Still, some questions carried particular weight this year. In the Haggadah read by Rabbi Morgan, a line read “Now we are here; next year we will be in the land of Israel,” a wish reflected heavily at the Chabad Center’s Seder.
Chanie Lerner, the wife of Rabbi Shayke Lerner, addressed the room, where many had loved ones in Israel living with fear and instability.
“Are we really free,” she asked, “when our sons are at war and not at the table for Seder?”
Others named family and friends far from home, as each table spoke a blessing one by one. Lerner closed her remarks with the traditional refrain: “Next year in Jerusalem.”
Liberation Seder

Just down the street, at a community “Liberation Seder” organized by the activist group IfNotNow, traditional lines were adapted to fit the group’s aim to shift Jewish American support away from Israel. Participants at this Seder amended “Next year in Jerusalem” to “Next year wherever we live.”
Noe Caplan, a field organizer for IfNotNow Boston, said he grew up attending Orthodox Seders, in a community that held Israel as a Jewish homeland. That evening, the Seder aimed to readress the meaning of liberation in light of allegations of genocide on Palestinians by Israel.
“I’ve had multiple conversations where people cry,” he said, describing a struggle to reconcile a sense of connection to Israel and the realities of ongoing violence affecting both Israelis and Palestinians.

In a breakout discussion, poet and playwright Monica Raymond visibly shook with anger at the mention of Israel. “We need to get away from this idea of homeland,” she said. “I don’t think it helps us.”
Symbolism carried that message forward.
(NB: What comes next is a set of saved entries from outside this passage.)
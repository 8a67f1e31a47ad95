//! The movement of a step.

ghost use Rattle.std.specs.Prelude.{◌≡◌, ◌<◌, ◌≤◌, ◌&&◌, Bool, IfSome, MatchOption, Some, fold, map, true, false};
ghost use Rattle.pz_sheet.specs.Grid.{IsOnMap, IsLawful, IsOfGame, SameSize};
ghost use Rattle.pz_sheet.specs.Presence.{in_row, in_column};
ghost use Rattle.pz_grid.specs.Marks.{IsMarked, IsWidened};
ghost use Rattle.pz_grid.specs.Staying.{IsMove};
ghost use Rattle.pz_grid.specs.Movement.{neighbour, heading_goal, spot, in_pass, move_at, spots_at, spots_in, pass_of, moving, settle, after_movement, IsNextLeaving, Leaves};
ghost use Rattle.pz_sheet.specs.Movement.{still_level, IsStillAt, AreStill, AreColumnsStill};

use crate::Level;
use pz_bare::AnySheet;
use pz_cells::piece::Mover;
use pz_game::direction::Dir;
use pz_game::game::Game;
use pz_sheet::Sheet;

/// Plays the movement of a step: its passes repeat until one moves nothing, then all pieces are stilled. No piece moves more than one cell.
/// Rule `move.passes`.
pub fn resolve(game: &Game, level: &mut Level)
    requires { IsOfGame game.now level.old.grid }
    ensures resolved { level.new.grid ≡ after_movement level.old.grid }
    ensures size { SameSize level.old.grid level.new.grid }
    ensures lawful { IsLawful level.new.grid }
    ensures marked { IsMarked level.new }
    ensures widened { IsWidened level.old level.new (in_row level.new.grid) (in_column level.new.grid) }
{
    level.settle();
    level.still_all();
}

/// What a pass has done so far: whether a piece has moved, and whether something that was looked at may head somewhere still.
#[derive(Clone, Copy)]
struct Passed {
    moved: bool,
    left: bool,
}

impl Passed {
    /// Whether another pass may move something.
    fn goes_on(self) -> bool
        ensures { result ≡ (self.moved && self.left) }
    {
        self.moved && self.left
    }
}

/// The next position in a direction, if it is on the map. The action leads nowhere. Rule `move.action`.
fn neighbour<const N: usize>(sheet: &Sheet<N>, dir: Dir, x: u32, y: u32) -> Option<(u32, u32)>
    requires on_map { IsOnMap sheet.now.grid x y }
    ensures next { result ≡ neighbour sheet.now.grid dir x y }
    ensures on_map { IfSome result (λ next. IsOnMap sheet.now.grid next.0 next.1) }
{
    let (width, height) = (sheet.width(), sheet.height());
    match dir {
        Dir::Up if y > 0 => Some((x, y - 1)),
        Dir::Down if y + 1 < height => Some((x, y + 1)),
        Dir::Left if x > 0 => Some((x - 1, y)),
        Dir::Right if x + 1 < width => Some((x + 1, y)),
        _ => None,
    }
}

/// Where a piece goes, if that is on the map and free on its layer. Rule `move.object`.
fn goal<const N: usize>(sheet: &Sheet<N>, x: u32, y: u32, mover: Mover) -> Option<(u32, u32)>
    requires on_map { IsOnMap sheet.now.grid x y }
    requires layer_in { mover.layer < sheet.now.grid.depth }
    ensures goal { result ≡ heading_goal sheet.now.grid (spot x y mover.layer) (Some mover.dir) }
    ensures on_map { IfSome result (λ next. IsOnMap sheet.now.grid next.0 next.1) }
{
    match neighbour(sheet, mover.dir, x, y) {
        None => None,
        Some((next_x, next_y)) => match sheet.place(next_x, next_y, mover.layer) {
            None => Some((next_x, next_y)),
            Some(_) => None,
        },
    }
}

/// The first piece that leaves a position, on a layer from `from` on, and where it goes. `None`: nothing leaves.
fn leaving<const N: usize>(
    sheet: &Sheet<N>,
    x: u32,
    y: u32,
    from: usize,
) -> Option<(Mover, (u32, u32))>
    requires { IsOnMap sheet.now.grid x y }
    ensures { IsNextLeaving sheet.now.grid x y from result }
{
    let mut start = from;
    'layers: while let Some(mover) = sheet.next_mover(x, y, start) {
        if let Some(next) = goal(sheet, x, y, mover) {
            return Some((mover, next));
        }
        start = mover.layer + 1;
    }
    None
}

impl Level {
    /// The first piece that leaves a position, on a layer from `from` on, and where it goes. `None`: nothing leaves.
    fn leaving(&self, x: u32, y: u32, from: usize) -> Option<(Mover, (u32, u32))>
        requires { IsOnMap self.now.grid x y }
        ensures { IsNextLeaving self.now.grid x y from result }
    {
        match self.bare.sheet() {
            AnySheet::Small(sheet) => leaving(sheet, x, y, from),
            AnySheet::Middle(sheet) => leaving(sheet, x, y, from),
            AnySheet::Large(sheet) => leaving(sheet, x, y, from),
        }
    }

    /// The first column, from `from` on, in which something may head somewhere.
    fn next_column(&self, from: u32) -> Option<u32>
        ensures next { MatchOption result (AreColumnsStill self.now.grid from self.now.grid.width)
            (λ x. (from ≤ x) × (x < self.now.grid.width) × AreColumnsStill self.now.grid from x) }
        ensures lawful { IsLawful self.now.grid }
    {
        self.bare.next_column(from)
    }

    /// The first row, from `from` on, in which something in a column of the map may head somewhere.
    fn next_heading(&self, x: u32, from: u32) -> Option<u32>
        requires { x < self.now.grid.width }
        ensures next { MatchOption result (AreStill self.now.grid x from self.now.grid.height)
            (λ y. (from ≤ y) × (y < self.now.grid.height) × AreStill self.now.grid x from y) }
        ensures lawful { IsLawful self.now.grid }
    {
        self.bare.next_heading(x, from)
    }

    /// Stills every piece.
    fn still_all(&mut self)
        ensures stilled { self.new.grid ≡ still_level self.old.grid }
        ensures lawful { IsLawful self.new.grid }
        ensures marked { IsMarked self.new }
        ensures row_marks { self.new.row_marks ≡ self.old.row_marks }
        ensures column_marks { self.new.column_marks ≡ self.old.column_marks }
    {
        self.bare.still_all();
    }

    /// Moves a piece to where it goes. Rule `move.object`.
    fn carry(&mut self, x: u32, y: u32, mover: Mover, next: (u32, u32))
        requires on_map { IsOnMap self.old.grid x y }
        requires leaves { Leaves self.old.grid x y mover next }
        ensures pass { (moved : Bool) →
            in_pass self.new.grid true ≡ move_at (in_pass self.old.grid moved) (spot x y mover.layer) }
        ensures size { SameSize self.old.grid self.new.grid }
        ensures marks { IsMove self.old self.new }
    {
        self.mark(next.0, next.1, mover.object as usize);
        self.bare.carry(x, y, mover, next.0, next.1);
    }

    /// Moves what leaves a position. True: something has moved in this pass, here or before.
    fn pass_at(&mut self, x: u32, y: u32, moved_before: bool) -> bool
        requires on_map { IsOnMap self.old.grid x y }
        ensures pass { in_pass self.new.grid result ≡
            fold move_at (in_pass self.old.grid moved_before) (spots_at self.old.grid.depth x y) }
        ensures size { SameSize self.old.grid self.new.grid }
        ensures marks { IsMove self.old self.new }
    {
        let mut moved = moved_before;
        let mut from = 0;
        'layers: while let Some((mover, next)) = self.leaving(x, y, from) {
            self.carry(x, y, mover, next);
            from = mover.layer + 1;
            moved = true;
        }
        moved
    }

    /// Goes on with a pass at a position.
    fn pass_over(&mut self, x: u32, y: u32, before: Passed) -> Passed
        requires on_map { IsOnMap self.old.grid x y }
        ensures pass { in_pass self.new.grid result.moved ≡
            fold move_at (in_pass self.old.grid before.moved) (spots_at self.old.grid.depth x y) }
        ensures left { result.left ≡ false → (before.left ≡ false) × IsStillAt self.new.grid x y }
        ensures size { SameSize self.old.grid self.new.grid }
        ensures marks { IsMove self.old self.new }
    {
        let moved = self.pass_at(x, y, before.moved);
        let left = before.left || !self.bare.is_still(x, y);
        Passed { moved, left }
    }

    fn pass_in(&mut self, x: u32, before: Passed) -> Passed
        requires x_in { x < self.old.grid.width }
        ensures pass { in_pass self.new.grid result.moved ≡
            fold move_at (in_pass self.old.grid before.moved) (spots_in self.old.grid.depth self.old.grid.height x) }
        ensures left { result.left ≡ false → (before.left ≡ false) × AreStill self.new.grid x 0 self.new.grid.height }
        ensures size { SameSize self.old.grid self.new.grid }
        ensures marks { IsMove self.old self.new }
    {
        let mut passed = before;
        let mut from = 0;
        'rows: while let Some(y) = self.next_heading(x, from) {
            passed = self.pass_over(x, y, passed);
            from = y + 1;
        }
        passed
    }

    /// Makes one pass, column by column. Columns for which no heading is noted are left out. Rule `move.order`.
    fn pass(&mut self) -> Passed
        ensures pass { in_pass self.new.grid result.moved ≡ pass_of self.old.grid }
        ensures left { result.left ≡ false → AreColumnsStill self.new.grid 0 self.new.grid.width }
        ensures size { SameSize self.old.grid self.new.grid }
        ensures marks { IsMove self.old self.new }
    {
        let mut passed = Passed {
            moved: false,
            left: false,
        };
        let mut from = 0;
        'columns: while let Some(x) = self.next_column(from) {
            passed = self.pass_in(x, passed);
            from = x + 1;
        }
        passed
    }

    /// Repeats passes up to the first that moves nothing. The one behind a pass that leaves nothing heading would move nothing, and isn't
    /// made.
    fn settle(&mut self)
        ensures settled { self.new.grid ≡ settle (moving self.old.grid) self.old.grid }
        ensures size { SameSize self.old.grid self.new.grid }
        ensures marks { IsMove self.old self.new }
    {
        loop {
            if !self.pass().goes_on() {
                break;
            }
        }
    }
}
When participants broke the matzah, representing a fractured world, it became a prompt for reflection.
“The broken piece in our hands is a question,” read Lia Eggleston, quoting a zine writer, Felipe Ventura. “What are we doing, with our hands, with our neighbors, with our city, to stop the breaking?”
This story is part of a partnership between Brookline.News and the Boston University Department of Journalism.
Correction: A previous version of this article misidentified the name of the Orthodox synagogue at which one of the Seders took place. The synagogue is called Chabad Center of Brookline.